Türkiye içinde de yurt dışında olduğu kadar tanınır olmak istiyorsunuz. Bu bağlamda Ankara dışında başka bir şube açmayı düşünüyor musunuz?
İtalya'dan, New York'tan, Paris'ten arayıp, "levhanızı asalım, bağlantı ofisiniz olalım" diyenler var ama ben mevzuların içini doldurmayı seviyorum. Oraya levhamı asıp içini dolduramazsam bu bende çok büyük rahatsızlık yaratır. Tabii ki hedeflerimiz arasında bu da var, ama şirketlerde ilk beş yıl çok kritiktir. Biz beşinci yılımızı başarıyla devirdik.
Türkiye'nin şartları belli; tasarım hizmetini insanlara anlatmak ve bunu sürdürülebilir kılmak için inanılmaz bir çaba veriliyor. Öte yandan Designnobis oluşumu, bu eğitimi alan genç insanlar için çok önemli bir imge haline geldi; buranın başarısı onları motive edecek, başarısızlığı ise demoralize edecek. Hakikaten zor anlar, zor süreçler yaşanıyor. Yurt dışı bilinirliğimiz hala yurt içi bilinirliğimizden çok daha fazla. Tabii bunun ardında çok değişik etkenler var.

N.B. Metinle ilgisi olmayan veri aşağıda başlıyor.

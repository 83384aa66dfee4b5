//! What no contract says: that the calls succeed with ample memory, and that the adapters fit std's readers and
//! writers.
use ls_outside::{
    Call, Clock, Got, MemClock, MemPipe, MemSink, MemSource, Pipe, PlainPipe, PlainSink,
    PlainSource, Put, Sink, Source, write_all,
};
use ls_real::{StdSink, StdSource};
use ls_value::NoMemory;
use std::alloc::{AllocError, Global};
use std::io::{Error, ErrorKind, Read, Result as IoResult, Write};
use std::test::Fail;

/// What so many reads with a piece of 4 bytes answer: the bytes with a dot behind them, or a letter.
fn answers<S: Source>(alloc: Global, source: &mut S, times: usize) -> Result<Vec<u8>, AllocError> {
    let mut said = Vec::new(alloc);
    for _ in 0..times {
        let mut piece = [0u8; 4];
        let mark = match source.read(&mut piece) {
            Got::Bytes(count) => {
                said.extend_from_slice(&piece[..count])?;
                b'.'
            }
            Got::End => b'E',
            Got::NotYet => b'N',
            Got::Failed => b'F',
        };
        said.push(mark)?;
    }
    Ok(said)
}

fn stop_at_cuts(alloc: Global) -> Result<bool, AllocError> {
    let bytes = Vec::from_slice(alloc, b"abcdefghij")?;
    let cuts = Vec::from_slice(alloc, &[0, 3, 4, 4, 2, 9])?;
    let mut source = PlainSource::new(bytes, cuts);
    let said = answers(alloc, &mut source, 6)?;
    let counts = (source.read_faults(), source.idles());
    Ok(said.as_slice() == b"abc.d.efgh.i.j.E".as_slice() && counts == (0, 0))
}

#[test]
fn reads_stop_at_cuts(rt: HostRuntime) -> Result<(), Fail> {
    assert!(rt; stop_at_cuts(rt.alloc())?);
    Ok(())
}

/// How the reads of a test go.
const READS: [Call; 7] = [
    Call::Fail,
    Call::Idle,
    Call::Part(0),
    Call::Part(2),
    Call::Go,
    Call::Part(9),
    Call::Idle,
];

fn reads_go(alloc: Global) -> Result<bool, AllocError> {
    let bytes = Vec::from_slice(alloc, b"abcdefgh")?;
    let mut source = MemSource::new(bytes, Vec::new(alloc), Vec::from_slice(alloc, &READS)?);
    let said = answers(alloc, &mut source, 8)?;
    let counts = (source.read_faults(), source.idles());
    Ok(said.as_slice() == b"FNa.bc.defg.h.NE".as_slice() && counts == (1, 2))
}

#[test]
fn reads_go_by_the_list(rt: HostRuntime) -> Result<(), Fail> {
    assert!(rt; reads_go(rt.alloc())?);
    Ok(())
}

/// How the writes of a test go.
const WRITES: [Call; 6] = [
    Call::Part(1),
    Call::Idle,
    Call::Part(0),
    Call::Part(2),
    Call::Fail,
    Call::Go,
];

fn writes_go(alloc: Global) -> Result<bool, AllocError> {
    let mut sink = MemSink::new(alloc, Vec::from_slice(alloc, &WRITES)?);
    let first = write_all(&mut sink, b"abc");
    let second = write_all(&mut sink, b"defx");
    let third = write_all(&mut sink, b"ghi");
    let is_so = first == Put::Taken(3) && second == Put::Failed && third == Put::Taken(3);
    Ok(is_so && sink.bytes() == b"abcdefghi".as_slice() && sink.write_faults() == 1)
}

#[test]
fn writes_go_by_the_list(rt: HostRuntime) -> Result<(), Fail> {
    assert!(rt; writes_go(rt.alloc())?);
    Ok(())
}

#[test]
fn writes_that_keep_nothing(rt: HostRuntime) {
    let mut sink = PlainSink::new();
    let answer = write_all(&mut sink, b"abc");
    assert!(rt; answer == Put::Taken(3) && sink.taken() == 3 && sink.write_faults() == 0);
}

/// A reader or a writer whose first call gives an error of this kind.
#[derive(Drop)]
struct Faulty<T> {
    inner: T,
    kind: Option<ErrorKind>,
}

impl<T: Read> Read for Faulty<T> {
    fn read(&mut self, buf: &mut [u8]) -> IoResult<usize> {
        match self.kind.take() {
            Some(kind) => Err(Error::from(kind)),
            None => self.inner.read(buf),
        }
    }
}

impl<T: Write> Write for Faulty<T> {
    fn write(&mut self, buf: &[u8]) -> IoResult<usize> {
        match self.kind.take() {
            Some(kind) => Err(Error::from(kind)),
            None => self.inner.write(buf),
        }
    }

    fn flush(&mut self) -> IoResult<()> {
        Ok(())
    }
}

/// What reads answer where the first one gives an error of this kind.
fn reads_after(alloc: Global, kind: ErrorKind) -> Result<Vec<u8>, AllocError> {
    let text: &[u8] = b"abcdef";
    let kind = Some(kind);
    answers(alloc, &mut StdSource::new(Faulty { inner: text, kind }), 4)
}

#[test]
fn reads_of_std(rt: HostRuntime) -> Result<(), Fail> {
    let cases: [(ErrorKind, &[u8]); 3] = [
        (ErrorKind::Interrupted, b"Nabcd.ef.E"),
        (ErrorKind::WouldBlock, b"Nabcd.ef.E"),
        (ErrorKind::TimedOut, b"Fabcd.ef.E"),
    ];
    for (kind, said) in cases {
        assert!(rt; reads_after(rt.alloc(), kind)?.as_slice() == said);
    }
    Ok(())
}

/// What a write of two bytes into room for so many answers, whose first try gives an error of this kind.
fn write_after(kind: ErrorKind, room: &mut [u8]) -> (Put, u64) {
    let kind = Some(kind);
    let mut sink = StdSink::new(Faulty { inner: room, kind });
    let answer = write_all(&mut sink, b"ab");
    (answer, sink.write_faults())
}

#[test]
fn writes_of_std(rt: HostRuntime) {
    let mut room = [0u8; 2];
    assert!(rt; write_after(ErrorKind::Interrupted, &mut room) == (Put::Taken(2), 0));
    assert!(rt; write_after(ErrorKind::BrokenPipe, &mut room) == (Put::Failed, 1));
    // A slice takes bytes until it is full, and then none.
    assert!(rt; write_after(ErrorKind::Interrupted, &mut room[..1]) == (Put::Failed, 1));
    assert!(rt; room == [b'a', b'b']);
}

/// A pipe's faults of reading, its idle calls, and its faults of writing.
fn counts<P: Pipe>(pipe: &P) -> (u64, u64, u64) {
    (pipe.read_faults(), pipe.idles(), pipe.write_faults())
}

/// A pipe whose calls go by the two lists.
fn mem_pipe(alloc: Global) -> Result<MemPipe, AllocError> {
    let bytes = Vec::from_slice(alloc, b"abcdefgh")?;
    let reads = Vec::from_slice(alloc, &READS)?;
    let writes = Vec::from_slice(alloc, &WRITES)?;
    Ok(MemPipe {
        source: MemSource::new(bytes, Vec::new(alloc), reads),
        sink: MemSink::new(alloc, writes),
    })
}

fn both_ways_go(alloc: Global) -> Result<bool, AllocError> {
    let mut pipe = mem_pipe(alloc)?;
    let first = answers(alloc, &mut pipe, 2)?;
    let is_read = first.as_slice() == b"FN".as_slice() && counts(&pipe) == (1, 1, 0);
    let taken = write_all(&mut pipe, b"abc");
    let refused = write_all(&mut pipe, b"defx");
    let is_written = taken == Put::Taken(3) && refused == Put::Failed && counts(&pipe) == (1, 1, 1);
    let rest = answers(alloc, &mut pipe, 6)?;
    let is_left = pipe.sink.bytes() == b"abcdef".as_slice() && counts(&pipe) == (1, 2, 1);
    Ok(is_read && is_written && rest.as_slice() == b"a.bc.defg.h.NE".as_slice() && is_left)
}

#[test]
fn a_pipe_goes_both_ways(rt: HostRuntime) -> Result<(), Fail> {
    assert!(rt; both_ways_go(rt.alloc())?);
    Ok(())
}

fn both_ways_never_fail(alloc: Global) -> Result<bool, AllocError> {
    let mut pipe = PlainPipe {
        source: PlainSource::new(Vec::from_slice(alloc, b"abcdef")?, Vec::new(alloc)),
        sink: PlainSink::new(),
    };
    let first = answers(alloc, &mut pipe, 1)?;
    let answer = write_all(&mut pipe, b"xyz");
    let is_written = answer == Put::Taken(3) && pipe.sink.taken() == 3;
    let rest = answers(alloc, &mut pipe, 2)?;
    let is_read = first.as_slice() == b"abcd.".as_slice() && rest.as_slice() == b"ef.E".as_slice();
    Ok(is_read && is_written && counts(&pipe) == (0, 0, 0))
}

#[test]
fn a_plain_pipe_never_fails(rt: HostRuntime) -> Result<(), Fail> {
    assert!(rt; both_ways_never_fail(rt.alloc())?);
    Ok(())
}

/// What so many calls of a clock tell.
fn told(alloc: Global, clock: &mut MemClock, times: usize) -> Result<Vec<u64>, AllocError> {
    let mut told = Vec::new(alloc);
    for _ in 0..times {
        told.push(clock.now())?;
    }
    Ok(told)
}

/// Lists of ticks, and what clocks tell by them.
const CLOCKS: [(&[u64], &[u64]); 5] = [
    (&[], &[0, 0]),
    (&[5, 8], &[5, 8, 8, 8]),
    (&[5, 3, 6, 0], &[5, 5, 6, 6, 6]),
    (&[1_000_000_000_000_000_000], &[1_000_000_000_000_000_000]),
    (
        &[1_000_000_000_000_000_001, u64::MAX, 7],
        &[
            1_000_000_000_000_000_000,
            1_000_000_000_000_000_000,
            1_000_000_000_000_000_000,
        ],
    ),
];

fn is_told(alloc: Global, ticks: &[u64], expected: &[u64]) -> Result<bool, AllocError> {
    let mut clock = MemClock::new(alloc, Vec::from_slice(alloc, ticks)?);
    let told = told(alloc, &mut clock, expected.len())?;
    Ok(told.as_slice() == expected)
}

#[test]
fn clocks_tell_by_their_lists(rt: HostRuntime) -> Result<(), Fail> {
    for (ticks, expected) in CLOCKS {
        assert!(rt; is_told(rt.alloc(), ticks, expected)?);
    }
    Ok(())
}

#[test]
fn clocks_count_what_they_wait(rt: HostRuntime) {
    let mut clock = MemClock::new(rt.alloc(), Vec::new(rt.alloc()));
    assert!(rt; clock.waited() == 0);
    clock.wait(10);
    clock.wait(5);
    assert!(rt; clock.waited() == 15 && clock.now() == 0);
    clock.wait(u64::MAX);
    assert!(rt; clock.waited() == u64::MAX);
}

fn twins_go_apart(alloc: Global) -> Result<bool, NoMemory> {
    let mut clock = MemClock::new(alloc, Vec::from_slice(alloc, &[4, 2, 9, 12])?);
    let first = clock.now();
    clock.wait(10);
    let mut twin = clock.twin()?;
    let of_twin = told(alloc, &mut twin, 4)?;
    let own = told(alloc, &mut clock, 4)?;
    let is_apart = first == 4 && twin.waited() == 0 && clock.waited() == 10;
    let expected: &[u64] = &[4, 9, 12, 12];
    Ok(is_apart && of_twin.as_slice() == expected && own.as_slice() == expected)
}

#[test]
fn a_twin_tells_the_ticks_to_come(rt: HostRuntime) -> Result<(), Fail> {
    assert!(rt; twins_go_apart(rt.alloc())?);
    Ok(())
}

Bu konuda kendinizde ne gibi eksiklikler görüyorsunuz?
Tanıtımımız bir hayli eksik. Bünyemizde, profesyonel olarak bu işle uğraşan arkadaşımız yok. Buradaki çalışanlar mimar, tasarımcı, grafiker ya da heykeltıraş. Tanıtım tabii ki çok önemli. Bu başarı hikayelerinin sanayiye mutlaka götürülmesi lazım. Müthiş enerjimi alsa da son iki yılda yurt içi ve yurt dışında yaklaşık 130 üzerinde konferans gerçekleştirdik. Tasarım nedir, inovasyon nedir, inovasyon kalkınmakta olan bir ülke için neden önemlidir, katma değer yaratan ürün nedir, bunun hukuki güvenirliği ve uluslararası rekabet düzeyindeki zorunlulukları nelerdir, dilimiz döndüğü kadar bunları anlatıyorum. Şimdi o konferanslardan geri dönüşler almaya başladığımız dönemleri yaşıyoruz. Dolayısıyla artık doğrudan tanıtım yaptığımızı söyleyebilirim. Türkiye'de konferans ve toplantılara gelen insan profili iki çeşittir; ya çok meraklısı gelir konferansa ya da vakti çok olup şöyle bir bakmak isteyen.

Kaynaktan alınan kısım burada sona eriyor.